Games over GPRS???????????? Must be kiddin'

I had GPRS on my Airtel, I hardly managed to surf some site with IMAGES DISABLED in IE and firefox, and they took average 5 MINUTES for single page...


----------



## crashuniverse (Aug 5, 2005)

airtel gprs is all abt "value for money"
5 rs/day. 'cmon dats gr8


----------



## Hells_Fury (Aug 5, 2005)

You should be able to play if you have an EDGE enabled phone. I once played Half-Life 2 Deathmatch with my Airtel Mobile Office GPRS connection. There were frequent lags though. This is because the signal strength was weak at that time. You might have better luck.


----------



## speedyguy (Aug 17, 2005)

hey friends....sorry i was out so cudnt reply that time...

now as far as limitations is concerned there is no such as i suppose....neither images are blocked or anythin infact i appreciate it as i had lotsa blocking troubles wit my proxy server....connection is ok sort of wit 4-6kbps (se k300i) download speed (double than my earlier dial-up)but at 99rs per mnth u cant ask for anythin else....so ya itsa value for money

regarding gaming i really cant say much as im yet to experience but wat i think i cud play on tcp\ip with my dial-up quite well so this shud also do ok....now cmon guys wats d harm in giving a try....lets experiment...
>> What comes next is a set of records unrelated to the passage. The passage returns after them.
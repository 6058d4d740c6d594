//! A function block and what it means: its inputs, outputs and rules as plain data, the degree of
//! a term, the truth of a condition, the strength of a rule, the mass of an output's term, and the
//! exact answer (IEC 61131-7:2000: linear terms, MIN, MAX, NOT, WITH, COGS).
//!
//! Each call on a block requires a valid one and returns the value of its definition, which involves no bytes,
//! tables or machines. No call allocates memory except [`Condition::not`], which boxes what it negates, and
//! [`heater`], an example for tests.
#![tactic(auto)]

mod answers;
mod block;
mod condition;
mod degrees;
mod examples;
pub mod laws;
mod masses;
mod truths;

pub use answers::exact;
pub use block::{Block, Input, Output, Rule, Trapezoid};
pub use condition::{Condition, Node};
pub use degrees::degree;
pub use examples::heater;
pub use masses::{concludes, mass, strength};
pub use truths::truth;
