// Whole tables: the full check, the plain reading, building, and what is promised of them. The definitions are in specs/, laws about them
// in proofs/; code is in crates above.

#![tactic(auto)]
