// Laws of the definitions. A call does nothing.
ghost use Rattle.std.specs.Prelude.{codes};
ghost use Rattle.sigstore_tuf_parts.specs.Laws.{MeetsExactly, IntactExactly, FreshExactly, FitsExactly, TellsValues, TellsDocuments, TellsContents, ReadsWithCause, MeetsWithCause, IntactWithCause, FreshWithCause};
ghost use Rattle.sigstore_tuf_parts.specs.Root.{root_of};
ghost use Rattle.sigstore_tuf_parts.specs.Timestamp.{timestamp_of};
ghost use Rattle.sigstore_tuf_parts.specs.Snapshot.{snapshot_of};
ghost use Rattle.sigstore_tuf_parts.specs.Targets.{targets_of};

/// The checks of a threshold fail nowhere exactly where the document meets the role.
pub fn meets_exactly<T>()
    ensures { MeetsExactly T }
{}

/// The checks of lengths and digests, of an expiry and of a pattern's segment hold exactly where the
/// relations of a pinned file, a fresh document and a fitting text do.
pub fn relations_exactly()
    ensures intact { IntactExactly }
    ensures fresh { FreshExactly }
    ensures fits { FitsExactly }
{}

/// Equal canonical texts are of equal values, documents that were read and have one text have one
/// `signed`, and documents of one kind that have one text have one content; `to_canonical_bytes` takes no
/// other values than those of the law, and each document that `Metadata::from_slice` gives is of such a
/// one.
pub fn canonical_text_tells()
    ensures values { TellsValues }
    ensures documents { TellsDocuments }
    ensures root { TellsContents (codes "root") root_of }
    ensures timestamp { TellsContents (codes "timestamp") timestamp_of }
    ensures snapshot { TellsContents (codes "snapshot") snapshot_of }
    ensures targets { TellsContents (codes "targets") targets_of }
{}

/// Bytes that aren't read as a root, timestamp, snapshot or targets document have the cause of their
/// refusal.
pub fn readings_have_causes()
    ensures root { ReadsWithCause (codes "root") root_of }
    ensures timestamp { ReadsWithCause (codes "timestamp") timestamp_of }
    ensures snapshot { ReadsWithCause (codes "snapshot") snapshot_of }
    ensures targets { ReadsWithCause (codes "targets") targets_of }
{}

/// A document that doesn't meet a role has the cause of its refusal.
pub fn roles_have_causes<T>()
    ensures { MeetsWithCause T }
{}

/// A file that isn't the pinned one, and a document that is expired, have the cause of their refusal.
pub fn pins_have_causes()
    ensures intact { IntactWithCause }
    ensures fresh { FreshWithCause }
{}
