// The snapshot document.
ghost use Rattle.std.specs.Prelude.{◌≡◌};
ghost use Rattle.std.specs.Option.{option_copied};
ghost use Rattle.sigstore_types_parts.specs.Entries.{at_name};
ghost use Rattle.sigstore_tuf_text.specs.Names.{targets_name};
ghost use Rattle.sigstore_tuf_parts.specs.Snapshot.{snapshot_of};

use crate::head::Head;
use crate::role::Role;
use crate::timestamp::MetaFile;
use foundation::{Duplicate, NoMemory};
use serde_json::Value;
use sigstore_tuf_text::{DocumentMember, Error, TARGETS_NAME, others};
use sigstore_types_parts::{FromValue, Json, Text, TextMap, required};
use std::alloc::Global;

/// The content of a snapshot document: the pins of the targets documents.
#[derive(PartialEq, Drop)]
pub struct Snapshot {
    pub type_: Text,
    pub spec_version: Text,
    pub version: u64,
    pub expires: jiff::Timestamp,
    pub meta: TextMap<MetaFile>,
    pub extra: TextMap<Json>,
}

impl Duplicate for Snapshot {
    fn duplicate(&self, alloc: Global) -> Result<Snapshot, NoMemory> {
        let Head {
            type_,
            spec_version,
            version,
            expires,
        } = Head::copied(
            alloc,
            &self.type_,
            &self.spec_version,
            self.version,
            self.expires,
        )?;
        Ok(Snapshot {
            type_,
            spec_version,
            version,
            expires,
            meta: self.meta.duplicate(alloc)?,
            extra: self.extra.duplicate(alloc)?,
        })
    }
}

const SNAPSHOT_MEMBERS: [DocumentMember; 5] = [
    DocumentMember::Type,
    DocumentMember::SpecVersion,
    DocumentMember::Version,
    DocumentMember::Expires,
    DocumentMember::Meta,
];

impl FromValue<Error> for Snapshot {
    ghost reads = { snapshot_of };

    #[tactic(auto, unfolding(crate::specs::Snapshot::snapshot_of))]
    fn from_value(alloc: Global, value: &Value) -> Result<Snapshot, Error> {
        let Head {
            type_,
            spec_version,
            version,
            expires,
        } = Head::from_value(alloc, value)?;
        let meta: TextMap<MetaFile> = required(alloc, value, DocumentMember::Meta)?;
        match others(alloc, value, &SNAPSHOT_MEMBERS) {
            Ok(extra) => Ok(Snapshot {
                type_,
                spec_version,
                version,
                expires,
                meta,
                extra,
            }),
            Err(NoMemory) => {
                drop(meta);
                Err(Error::NoMemory)
            }
        }
    }
}

impl Snapshot {
    /// The pin of the top-level targets document.
    pub fn targets_meta(&self) -> Option<&MetaFile>
        ensures { option_copied result ≡ at_name targets_name self.now.meta }
    {
        self.meta.get(TARGETS_NAME)
    }
}

impl Role for Snapshot {
    ghost use Rattle.std.specs.Prelude.{codes};

    ghost kind = { codes "snapshot" };

    ghost version_in = { λ d. d.version };

    ghost expires_in = { λ d. d.expires };

    fn kind() -> &'static str {
        "snapshot"
    }

    fn version(&self) -> u64 {
        self.version
    }

    fn expires(&self) -> jiff::Timestamp {
        self.expires
    }
}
so im back on vacation again n waiting for for any gamerz interested...do reply.....enjoy life n happy independence day(b'lated)

cheers


----------



## expertno.1 (Aug 19, 2005)

@the konqueror

i use airtel gprs

i pay ga,es

i get speded of 5 KB/s

i downlaod a page in 30 seconds

i have done this by tweaking my con enection with

"Tweakmaster"


----------



## Tech&ME (Aug 22, 2005)

Hey guys, I am also planning to take the Airtel GPRS Mobile Office connection which comes for Rs. 249/- per month.

I need to know the speed of this connection. And practical how long does it take to download a 1 MB file ?

Please tell me. Is it better than the Sancharnet  Dial-up ?


----------



## speedyguy (Aug 23, 2005)

well dunt hv much idea abt sanhar wich u hv nw.....but i dunno where u getin gprs fro 249/mnth...im browsing at 99/mnth in jsr...connectn speed is round 115.2kbps...n dwnload usually @ 4-7kbps..goes up at odd times....but consistant at 5-6.....thats prety kool for me at 99/mnth withtout any bandwidth limits....take ur decision..gud luk
cheers


----------



## supernova (Aug 23, 2005)

Hey,
Even i have been using this connection in pune for 5 Rs. / day. Speed seems to be better than dial up. However it gets slow during day time.
But considering the fact that there is no limit on the bandwidth, it is a value for money.


----------



## Aijaz Akhtar (Aug 23, 2005)

Rs 249 means Rs 150 for the Mobile office (in many cities, in others it is Rs 99), PLUS a minimm of rs 99 for the regular  connection with no free talk time/ free calls (post-pre-paid), hence the guys at Airtel cal it Rs 249 option. You van of course rake a better plan too if you want to use the Airtel for calling also.


----------



## Tech&ME (Aug 24, 2005)

I would like to know the real speed. Is it really 115 kbps ? And does Airtel charge any extra or hidden cost for bandthwith usage.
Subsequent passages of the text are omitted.